As a general principle, you should assume that any weapon not yet banned by left wing state laws is so merely due to an oversight.

Paul Koning
January 6, 2017
Comment to Quote of the day—Hollis Phelps
[My only quibble is that Koning is limiting this observation to state laws. Left wing local and national governments are always looking for “loopholes” to close as well. It’s all part of the grand scheme where eventually those things which are not banned are mandatory.—Joe]

Quote of the day—Jim Quinn

Global debt issuance reached a record $6.6 trillion in 2016, with corporations accounting for $3.6 trillion – most of which was used to buy back their stock at all-time highs. What could possibly go wrong? The level of normalcy bias amongst financial “experts”, the intelligentsia, and the common man is breathtaking to behold. We are in the midst of the mother of all bubbles, never witnessed in the history of mankind, and we pretend everything is normal, with no consequences for our reckless disregard for honesty, rational thinking, or simple math.

Jim Quinn
December 31, 2016
A BIASED 2017 FORECAST (PART ONE)
[I have nothing to add.—Joe]

Quote of the day—Keith McFarland @KeithMcFarland

Some people deserve ironic deaths that disprove everything they lived their lives for.
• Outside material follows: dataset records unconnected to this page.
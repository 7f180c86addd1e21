//! Laws of the definitions: a text has one answer, and the places in its statements ascend.
ghost use Rattle.std.specs.Prelude.{◌≡◌, ℕ, List, Option, length};
ghost use Rattle.tff_lexer.specs.declared.spans.Token.{Token};
ghost use Rattle.tff_lexer.specs.Scans.{Scans};
ghost use Rattle.tff_grammar.specs.declared.faults.Fault.{Fault};
ghost use Rattle.tff_grammar.specs.declared.trees.Statement.{Statement};
ghost use Rattle.tff_grammar.specs.Answer.{IsText, IsFirstFault, HasAnswer};
ghost use Rattle.tff_grammar.specs.Order.{PlacesAscend, places};

use tff_lexer::{ascending_spans, one_scan};

/// A text that has a scan is one of the grammar without a fault, or has a first fault.
pub fn some_answer()
    ensures { (bytes : List ℕ) (tokens : List Token) (stop : Option ℕ) → Scans bytes tokens stop → HasAnswer bytes }
{}

/// A text is read in one way at most.
pub fn one_text()
    ensures { (bytes : List ℕ) (first second : List Statement) → IsText bytes first → IsText bytes second
        → first ≡ second }
{
    one_scan();
}

/// A text has at most one first fault.
pub fn one_fault()
    ensures { (bytes : List ℕ) (first second : Fault) → IsFirstFault bytes first → IsFirstFault bytes second
        → first ≡ second }
{
    one_scan();
}

/// A text that can be read has no fault.
pub fn no_fault_of_text()
    ensures { (bytes : List ℕ) (statements : List Statement) (fault : Fault) → IsText bytes statements
        → IsFirstFault bytes fault → ⊥ }
{
    one_scan();
}

/// The places in the statements of a text ascend, in the order in which they stand in the trees: none is empty, none begins before
/// the last one's end, and none passes the end of the text. So of faults that stand at such places in this order the first has the
/// least byte.
pub fn ascending_places()
    ensures { (bytes : List ℕ) (statements : List Statement) → IsText bytes statements
        → PlacesAscend (length bytes) 0 (places statements) }
{
    ascending_spans();
}
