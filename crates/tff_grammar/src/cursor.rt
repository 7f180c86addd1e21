//! The front of the tokens that are left, and the fault that stands there.
ghost use Rattle.std.specs.Prelude.{◌≡◌, ◌+◌, ◌≤◌, [], ◌∷◌, length, IfOk, IfErr, MatchOption};
ghost use Rattle.tff_lexer.specs.Scans.{HaveForms, SpansAscend};
ghost use Rattle.tff_grammar.specs.Pieces.{pieces_at};
ghost use Rattle.tff_grammar.specs.Machine.{plain_name, start_name, role_name, argument_name, result_name, binder_name, refusal, IsOther};

use crate::faults::{FaultName, Found, Stop};
use crate::pieces::{Keyword, Piece, Sign};
use crate::tokens::{next_token, piece_at};
use std::marker::Model;
use tff_lexer::Token;

/// The most levels that may be open.
pub(crate) const MAX_LEVELS: usize = 500;

/// The tokens that are left. A clause sees them as the grammar does; they are classified one by one, where they are looked at.
#[derive(Drop)]
pub(crate) struct Pieces<'a> {
    bytes: &'a [u8],
    tokens: &'a [Token],
}

impl<'a> Model for Pieces<'a> {
    ghost use Rattle.std.specs.Prelude.{List};
    ghost use Rattle.tff_grammar.specs.declared.pieces.Piece.{Piece};

    ghost Value = { List Piece };

    ghost use Rattle.tff_grammar.specs.Left.{left_pieces, AreOfText};

    ghost view = { left_pieces };

    ghost invariant = { AreOfText };
}

impl<'a> Pieces<'a> {
    /// The tokens of a text.
    pub(crate) fn new(bytes: &'a [u8], tokens: &'a [Token]) -> Pieces<'a>
        requires spans { SpansAscend (length bytes.now) 0 tokens.now }
        requires forms { HaveForms bytes.now tokens.now }
        ensures { result ≡ pieces_at bytes.now tokens.now }
    {
        Pieces { bytes, tokens }
    }
}

/// The same tokens.
pub(crate) fn copied<'a>(pieces: &Pieces<'a>) -> Pieces<'a>
    ensures { result ≡ pieces.now }
{
    Pieces {
        bytes: pieces.bytes,
        tokens: pieces.tokens,
    }
}

/// The first token, and the rest.
pub(crate) fn next<'a>(pieces: &Pieces<'a>) -> Option<(Piece, Pieces<'a>)>
    ensures { MatchOption result (pieces.now ≡ []) (λ (p, rest). pieces.now ≡ p ∷ rest) }
{
    let bytes = pieces.bytes;
    let (first, tokens) = next_token(pieces.tokens)?;
    Some((piece_at(bytes, first), Pieces { bytes, tokens }))
}

/// How many tokens are left.
pub(crate) fn count(pieces: &Pieces) -> usize
    ensures { result ≡ length pieces.now }
{
    pieces.tokens.len()
}

fn fault(name: FaultName, pieces: &Pieces) -> Stop
    ensures { result ≡ Stop.Fault (record { name = name; left = length pieces.now }) }
{
    Stop::Fault(Found {
        name,
        left: count(pieces),
    })
}

fn plain_name(piece: Piece, level: usize) -> FaultName
    ensures { result ≡ plain_name level piece }
{
    match piece {
        Piece::Unsupported => FaultName::Unsupported,
        Piece::WideNumeral => FaultName::NumberTooWide,
        Piece::Sign(Sign::OpenRound | Sign::Not) | Piece::Quantifier(_) if level >= MAX_LEVELS => {
            FaultName::TooDeep
        }
        _ => FaultName::Syntax,
    }
}

/// The fault of a first token that the grammar doesn't have here, where so many levels are open.
pub(crate) fn syntax(pieces: &Pieces, level: usize) -> Stop
    ensures { result ≡ refusal (plain_name level) pieces.now }
{
    match next(pieces) {
        None => fault(FaultName::Syntax, pieces),
        Some((piece, _)) => fault(plain_name(piece, level), pieces),
    }
}

/// The fault of a first token that begins no statement.
pub(crate) fn start_fault(pieces: &Pieces) -> Stop
    ensures { result ≡ refusal start_name pieces.now }
{
    match next(pieces) {
        Some((Piece::Lower(Keyword::Include, _), _)) => fault(FaultName::Unsupported, pieces),
        Some((Piece::Lower(Keyword::Language, _), _)) => fault(FaultName::Language, pieces),
        _ => syntax(pieces, 0),
    }
}

/// The fault of a first token that is no role, or that of a second conjecture.
pub(crate) fn role_fault(pieces: &Pieces) -> Stop
    ensures { result ≡ refusal (role_name 0) pieces.now }
{
    match next(pieces) {
        Some((Piece::Lower(Keyword::Conjecture, _), _)) => fault(FaultName::TwoConjectures, pieces),
        Some((Piece::Lower(_, _), _)) => fault(FaultName::Unsupported, pieces),
        _ => syntax(pieces, 0),
    }
}

/// The fault of a first token that is no sort of an argument, where so many levels are open.
pub(crate) fn argument_fault(pieces: &Pieces, level: usize) -> Stop
    ensures { result ≡ refusal (argument_name level) pieces.now }
{
    match next(pieces) {
        Some((Piece::Truth | Piece::OfTypes, _)) => fault(FaultName::Unsupported, pieces),
        _ => syntax(pieces, level),
    }
}

/// The fault of a first token that is no sort of a result, where so many levels are open.
pub(crate) fn result_fault(pieces: &Pieces, level: usize) -> Stop
    ensures { result ≡ refusal (result_name level) pieces.now }
{
    match next(pieces) {
        Some((Piece::OfTypes, _)) => fault(FaultName::Unsupported, pieces),
        _ => syntax(pieces, level),
    }
}

/// The fault of a first token that is no sort of a variable, where so many levels are open.
pub(crate) fn binder_fault(pieces: &Pieces, level: usize) -> Stop
    ensures { result ≡ refusal (binder_name level) pieces.now }
{
    match next(pieces) {
        Some((Piece::Truth, _)) => fault(FaultName::Unsupported, pieces),
        _ => syntax(pieces, level),
    }
}

/// The fault of a `$o` at the front that is the sort of an argument.
pub(crate) fn truth_fault(pieces: &Pieces) -> Stop
    ensures { result ≡ Stop.Fault (record { name = FaultName.Unsupported; left = length pieces.now }) }
{
    fault(FaultName::Unsupported, pieces)
}

/// The first token opens one more level.
pub(crate) fn deeper(pieces: &Pieces, level: usize) -> Result<usize, Stop>
    requires { level ≤ MAX_LEVELS }
    ensures ok { IfOk result (λ inside. (inside ≡ level + 1) × (inside ≤ MAX_LEVELS)) }
    ensures err { IfErr result
        (λ e. (level + 1 ≡ 501) × (e ≡ Stop.Fault (record { name = FaultName.TooDeep; left = length pieces.now }))) }
{
    if level >= MAX_LEVELS {
        return Err(fault(FaultName::TooDeep, pieces));
    }
    Ok(level + 1)
}

/// This sign at the front, where so many levels are open.
pub(crate) fn expect<'a>(pieces: &Pieces<'a>, sign: Sign, level: usize) -> Result<Pieces<'a>, Stop>
    ensures ok { IfOk result (λ rest. pieces.now ≡ Piece.Sign sign ∷ rest) }
    ensures err { IfErr result (λ e. (e ≡ refusal (plain_name level) pieces.now) × IsOther sign pieces.now) }
{
    match next(pieces) {
        Some((Piece::Sign(found), rest)) if found == sign => Ok(rest),
        _ => Err(syntax(pieces, level)),
    }
}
Keith McFarland @KeithMcFarland
Tweeted on December 31, 2016
[Via email from Paul K.

This was in regards to this:

M. D. Harmon, a conservative columnist who frequently wrote in favor of gun ownership rights for the Portland Press Herald, died this week after being accidentally shot by a teenage boy.

Don’t ever forget that these people want you dead.—Joe]

Quote of the day—Hollis Phelps

We shouldn’t “take them away” from people who currently own them, necessarily. That would likely cause just as many problems. I’m sure there are more than a few disgruntled gun owners out there who would take a ban as an assault on liberty, and act accordingly. We should, rather, phase them out over time, similar to the way in which the CPSC dealt with drop-sides. Allow those who currently own guns to keep them, but ban the future manufacture, sale and resale of guns and ammunition for personal use.

Hollis Phelps
December 4, 2015
The Second Amendment must go: We ban lawn darts. It’s time to ban guns
[Don’t ever let anyone get away with telling you that no one wants to take your guns.

“More than a few”? I suggest they put some numbers in their spreadsheet and reevaluate the consequences.—Joe]

Quote of the day—James Taylor

Don’t look now, but maybe a scientific consensus exists concerning global warming after all. Only 36 percent of geoscientists and engineers believe that humans are creating a global warming crisis, according to a survey reported in the peer-reviewed Organization Studies. By contrast, a strong majority of the 1,077 respondents believe that nature is the primary cause of recent global warming and/or that future global warming will not be a very serious problem.